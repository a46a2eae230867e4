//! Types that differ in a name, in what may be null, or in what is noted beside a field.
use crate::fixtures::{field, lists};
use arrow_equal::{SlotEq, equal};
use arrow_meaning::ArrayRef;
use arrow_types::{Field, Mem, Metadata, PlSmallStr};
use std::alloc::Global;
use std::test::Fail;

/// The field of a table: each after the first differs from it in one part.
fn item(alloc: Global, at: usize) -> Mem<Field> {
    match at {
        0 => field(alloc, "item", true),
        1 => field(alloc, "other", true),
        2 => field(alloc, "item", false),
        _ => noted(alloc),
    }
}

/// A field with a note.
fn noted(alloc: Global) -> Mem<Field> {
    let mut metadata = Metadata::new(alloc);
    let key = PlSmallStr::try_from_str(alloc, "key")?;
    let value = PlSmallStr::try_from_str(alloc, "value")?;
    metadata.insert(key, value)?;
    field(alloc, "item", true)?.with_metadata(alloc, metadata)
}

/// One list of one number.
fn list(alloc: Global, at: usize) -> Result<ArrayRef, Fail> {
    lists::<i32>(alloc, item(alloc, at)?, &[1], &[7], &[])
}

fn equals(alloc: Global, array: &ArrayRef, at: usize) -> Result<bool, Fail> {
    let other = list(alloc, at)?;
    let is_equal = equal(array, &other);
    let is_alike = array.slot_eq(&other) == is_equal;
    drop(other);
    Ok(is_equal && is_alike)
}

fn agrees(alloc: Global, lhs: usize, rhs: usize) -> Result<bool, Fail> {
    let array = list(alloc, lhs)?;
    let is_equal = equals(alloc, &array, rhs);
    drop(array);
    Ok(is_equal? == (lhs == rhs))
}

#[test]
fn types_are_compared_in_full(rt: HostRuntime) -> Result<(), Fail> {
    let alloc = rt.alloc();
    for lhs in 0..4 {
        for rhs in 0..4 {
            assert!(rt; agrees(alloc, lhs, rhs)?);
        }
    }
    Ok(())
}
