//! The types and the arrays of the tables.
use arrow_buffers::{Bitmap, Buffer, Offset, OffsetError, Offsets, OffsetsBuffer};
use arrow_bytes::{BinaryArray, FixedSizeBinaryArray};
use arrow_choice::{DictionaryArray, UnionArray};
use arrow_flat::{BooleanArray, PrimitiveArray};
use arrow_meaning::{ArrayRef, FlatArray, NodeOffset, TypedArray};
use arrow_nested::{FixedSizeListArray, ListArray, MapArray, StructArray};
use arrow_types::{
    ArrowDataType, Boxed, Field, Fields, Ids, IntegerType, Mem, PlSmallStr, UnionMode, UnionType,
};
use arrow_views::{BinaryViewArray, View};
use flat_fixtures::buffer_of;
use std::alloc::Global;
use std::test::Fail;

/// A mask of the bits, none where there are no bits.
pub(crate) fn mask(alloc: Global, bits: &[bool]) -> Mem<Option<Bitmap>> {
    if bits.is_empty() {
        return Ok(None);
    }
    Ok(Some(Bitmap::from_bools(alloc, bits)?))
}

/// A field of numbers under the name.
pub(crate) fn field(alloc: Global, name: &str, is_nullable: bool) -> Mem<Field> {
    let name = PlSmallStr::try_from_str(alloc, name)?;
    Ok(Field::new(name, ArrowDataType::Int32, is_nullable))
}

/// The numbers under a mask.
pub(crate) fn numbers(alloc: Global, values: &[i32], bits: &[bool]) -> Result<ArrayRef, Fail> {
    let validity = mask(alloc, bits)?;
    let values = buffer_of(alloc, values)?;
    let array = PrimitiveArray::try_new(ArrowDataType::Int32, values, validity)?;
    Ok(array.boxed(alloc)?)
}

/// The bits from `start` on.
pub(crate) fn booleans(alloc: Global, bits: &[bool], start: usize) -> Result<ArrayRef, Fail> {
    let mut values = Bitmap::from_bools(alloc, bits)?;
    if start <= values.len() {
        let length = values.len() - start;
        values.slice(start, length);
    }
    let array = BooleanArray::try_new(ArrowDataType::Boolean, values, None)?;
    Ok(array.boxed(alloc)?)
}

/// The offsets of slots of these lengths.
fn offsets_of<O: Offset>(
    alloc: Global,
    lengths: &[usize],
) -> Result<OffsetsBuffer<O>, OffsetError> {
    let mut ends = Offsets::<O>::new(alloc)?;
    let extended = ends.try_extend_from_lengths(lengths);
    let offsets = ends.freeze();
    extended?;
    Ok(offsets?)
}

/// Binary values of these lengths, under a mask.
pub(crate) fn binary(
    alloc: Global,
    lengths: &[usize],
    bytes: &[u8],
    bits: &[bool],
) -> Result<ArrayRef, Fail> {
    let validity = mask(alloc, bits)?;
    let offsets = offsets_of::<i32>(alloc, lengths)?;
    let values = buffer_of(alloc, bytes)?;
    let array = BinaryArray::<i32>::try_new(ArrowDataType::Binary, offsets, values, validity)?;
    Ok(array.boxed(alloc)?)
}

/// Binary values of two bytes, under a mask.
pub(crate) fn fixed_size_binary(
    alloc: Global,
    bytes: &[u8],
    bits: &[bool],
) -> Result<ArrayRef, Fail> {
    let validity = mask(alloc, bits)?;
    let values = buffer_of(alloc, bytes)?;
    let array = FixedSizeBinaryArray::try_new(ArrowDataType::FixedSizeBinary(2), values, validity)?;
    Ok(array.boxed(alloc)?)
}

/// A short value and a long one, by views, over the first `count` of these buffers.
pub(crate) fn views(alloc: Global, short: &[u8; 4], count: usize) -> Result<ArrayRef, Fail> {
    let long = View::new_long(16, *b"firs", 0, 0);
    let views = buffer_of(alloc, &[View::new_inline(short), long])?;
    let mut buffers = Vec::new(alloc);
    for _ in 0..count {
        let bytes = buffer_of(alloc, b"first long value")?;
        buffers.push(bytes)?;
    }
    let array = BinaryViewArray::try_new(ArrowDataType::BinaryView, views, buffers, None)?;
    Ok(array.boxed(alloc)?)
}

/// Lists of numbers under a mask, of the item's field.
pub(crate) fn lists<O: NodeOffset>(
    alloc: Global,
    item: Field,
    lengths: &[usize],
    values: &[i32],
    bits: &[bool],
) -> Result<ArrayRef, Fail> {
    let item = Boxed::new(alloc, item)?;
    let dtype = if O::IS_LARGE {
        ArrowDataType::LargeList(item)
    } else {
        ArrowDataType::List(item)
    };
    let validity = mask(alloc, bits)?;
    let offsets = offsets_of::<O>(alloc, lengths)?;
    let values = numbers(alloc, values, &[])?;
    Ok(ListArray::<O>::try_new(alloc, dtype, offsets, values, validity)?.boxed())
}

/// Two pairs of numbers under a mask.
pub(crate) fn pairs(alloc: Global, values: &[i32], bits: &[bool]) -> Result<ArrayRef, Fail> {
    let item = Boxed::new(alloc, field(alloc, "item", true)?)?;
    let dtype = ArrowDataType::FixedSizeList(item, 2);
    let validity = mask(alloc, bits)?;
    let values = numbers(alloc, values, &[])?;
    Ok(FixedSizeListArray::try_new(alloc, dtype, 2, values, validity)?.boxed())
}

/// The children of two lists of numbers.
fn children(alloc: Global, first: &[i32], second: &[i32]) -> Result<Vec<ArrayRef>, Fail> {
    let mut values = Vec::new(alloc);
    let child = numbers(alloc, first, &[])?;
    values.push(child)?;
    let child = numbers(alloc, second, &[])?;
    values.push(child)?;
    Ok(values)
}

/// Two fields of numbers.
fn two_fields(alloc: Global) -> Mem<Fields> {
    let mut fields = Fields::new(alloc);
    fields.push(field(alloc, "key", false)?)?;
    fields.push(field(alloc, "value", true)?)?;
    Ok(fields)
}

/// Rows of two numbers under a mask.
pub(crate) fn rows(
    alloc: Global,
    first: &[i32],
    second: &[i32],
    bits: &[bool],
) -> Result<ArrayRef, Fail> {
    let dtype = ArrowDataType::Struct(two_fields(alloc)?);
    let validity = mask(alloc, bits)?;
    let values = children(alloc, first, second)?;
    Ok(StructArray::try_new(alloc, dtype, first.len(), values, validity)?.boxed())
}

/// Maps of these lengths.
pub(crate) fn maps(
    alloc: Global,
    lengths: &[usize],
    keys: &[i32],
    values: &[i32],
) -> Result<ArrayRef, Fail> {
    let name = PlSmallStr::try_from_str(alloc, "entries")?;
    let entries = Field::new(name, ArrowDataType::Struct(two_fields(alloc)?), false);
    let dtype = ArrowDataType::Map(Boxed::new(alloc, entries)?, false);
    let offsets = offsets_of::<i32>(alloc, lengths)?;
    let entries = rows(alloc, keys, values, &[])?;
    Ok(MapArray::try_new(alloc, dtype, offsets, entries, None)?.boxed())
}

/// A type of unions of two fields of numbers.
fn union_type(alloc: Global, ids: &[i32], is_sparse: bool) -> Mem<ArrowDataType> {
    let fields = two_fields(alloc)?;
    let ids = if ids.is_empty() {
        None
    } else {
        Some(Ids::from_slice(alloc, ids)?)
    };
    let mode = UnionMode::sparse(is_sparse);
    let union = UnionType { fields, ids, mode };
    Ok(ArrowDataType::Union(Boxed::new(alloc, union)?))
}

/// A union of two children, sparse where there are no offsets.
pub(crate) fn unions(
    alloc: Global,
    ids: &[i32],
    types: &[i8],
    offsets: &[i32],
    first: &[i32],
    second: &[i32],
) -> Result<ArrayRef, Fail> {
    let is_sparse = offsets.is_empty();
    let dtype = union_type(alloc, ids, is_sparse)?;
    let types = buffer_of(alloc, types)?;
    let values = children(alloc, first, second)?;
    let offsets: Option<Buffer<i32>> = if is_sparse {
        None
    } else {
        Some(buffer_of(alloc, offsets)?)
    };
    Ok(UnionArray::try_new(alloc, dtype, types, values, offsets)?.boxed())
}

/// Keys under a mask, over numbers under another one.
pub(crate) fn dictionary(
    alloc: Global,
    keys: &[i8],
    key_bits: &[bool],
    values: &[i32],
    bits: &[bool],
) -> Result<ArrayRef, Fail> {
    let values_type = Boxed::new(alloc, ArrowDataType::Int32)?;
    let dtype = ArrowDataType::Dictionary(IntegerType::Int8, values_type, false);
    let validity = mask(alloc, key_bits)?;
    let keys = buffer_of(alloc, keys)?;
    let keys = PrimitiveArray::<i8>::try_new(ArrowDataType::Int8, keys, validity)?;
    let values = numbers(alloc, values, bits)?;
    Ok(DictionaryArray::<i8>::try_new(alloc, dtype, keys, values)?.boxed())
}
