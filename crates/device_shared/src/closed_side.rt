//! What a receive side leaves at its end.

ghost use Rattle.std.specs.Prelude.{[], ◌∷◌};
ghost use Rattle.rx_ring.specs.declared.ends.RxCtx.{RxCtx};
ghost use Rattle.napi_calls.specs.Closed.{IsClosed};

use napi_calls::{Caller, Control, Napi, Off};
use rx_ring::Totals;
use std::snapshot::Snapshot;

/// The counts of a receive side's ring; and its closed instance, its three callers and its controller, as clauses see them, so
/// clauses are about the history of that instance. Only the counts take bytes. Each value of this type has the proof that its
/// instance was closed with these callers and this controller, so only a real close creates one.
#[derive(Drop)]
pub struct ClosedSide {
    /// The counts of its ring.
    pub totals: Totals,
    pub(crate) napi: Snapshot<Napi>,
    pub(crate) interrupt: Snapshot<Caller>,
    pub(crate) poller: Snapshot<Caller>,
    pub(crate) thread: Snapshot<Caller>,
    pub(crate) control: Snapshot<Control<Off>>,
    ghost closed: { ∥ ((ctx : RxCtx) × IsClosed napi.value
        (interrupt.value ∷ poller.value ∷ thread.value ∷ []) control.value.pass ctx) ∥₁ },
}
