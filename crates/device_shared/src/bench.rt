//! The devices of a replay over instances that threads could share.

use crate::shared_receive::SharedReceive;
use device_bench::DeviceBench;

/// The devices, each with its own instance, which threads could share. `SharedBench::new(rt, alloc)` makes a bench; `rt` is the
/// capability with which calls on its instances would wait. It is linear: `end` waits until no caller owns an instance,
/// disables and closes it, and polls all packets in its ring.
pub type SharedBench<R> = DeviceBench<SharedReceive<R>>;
☆ ☆ ☆ ☆ ☆ ☆ ☆
● Exercise goal: Only one stretch of the records above is wanted: the lines between the one holding "Ok(is_equal && is_alike)" and the one holding "are no bits.", inclusive, reproduced exactly.

● Exercise result:
    Ok(is_equal && is_alike)
}

fn agrees(alloc: Global, lhs: usize, rhs: usize) -> Result<bool, Fail> {
    let array = list(alloc, lhs)?;
    let is_equal = equals(alloc, &array, rhs);
    drop(array);
    Ok(is_equal? == (lhs == rhs))
}

#[test]
fn types_are_compared_in_full(rt: HostRuntime) -> Result<(), Fail> {
    let alloc = rt.alloc();
    for lhs in 0..4 {
        for rhs in 0..4 {
            assert!(rt; agrees(alloc, lhs, rhs)?);
        }
    }
    Ok(())
}
//! The types and the arrays of the tables.
use arrow_buffers::{Bitmap, Buffer, Offset, OffsetError, Offsets, OffsetsBuffer};
use arrow_bytes::{BinaryArray, FixedSizeBinaryArray};
use arrow_choice::{DictionaryArray, UnionArray};
use arrow_flat::{BooleanArray, PrimitiveArray};
use arrow_meaning::{ArrayRef, FlatArray, NodeOffset, TypedArray};
use arrow_nested::{FixedSizeListArray, ListArray, MapArray, StructArray};
use arrow_types::{
    ArrowDataType, Boxed, Field, Fields, Ids, IntegerType, Mem, PlSmallStr, UnionMode, UnionType,
};
use arrow_views::{BinaryViewArray, View};
use flat_fixtures::buffer_of;
use std::alloc::Global;
use std::test::Fail;

/// A mask of the bits, none where there are no bits.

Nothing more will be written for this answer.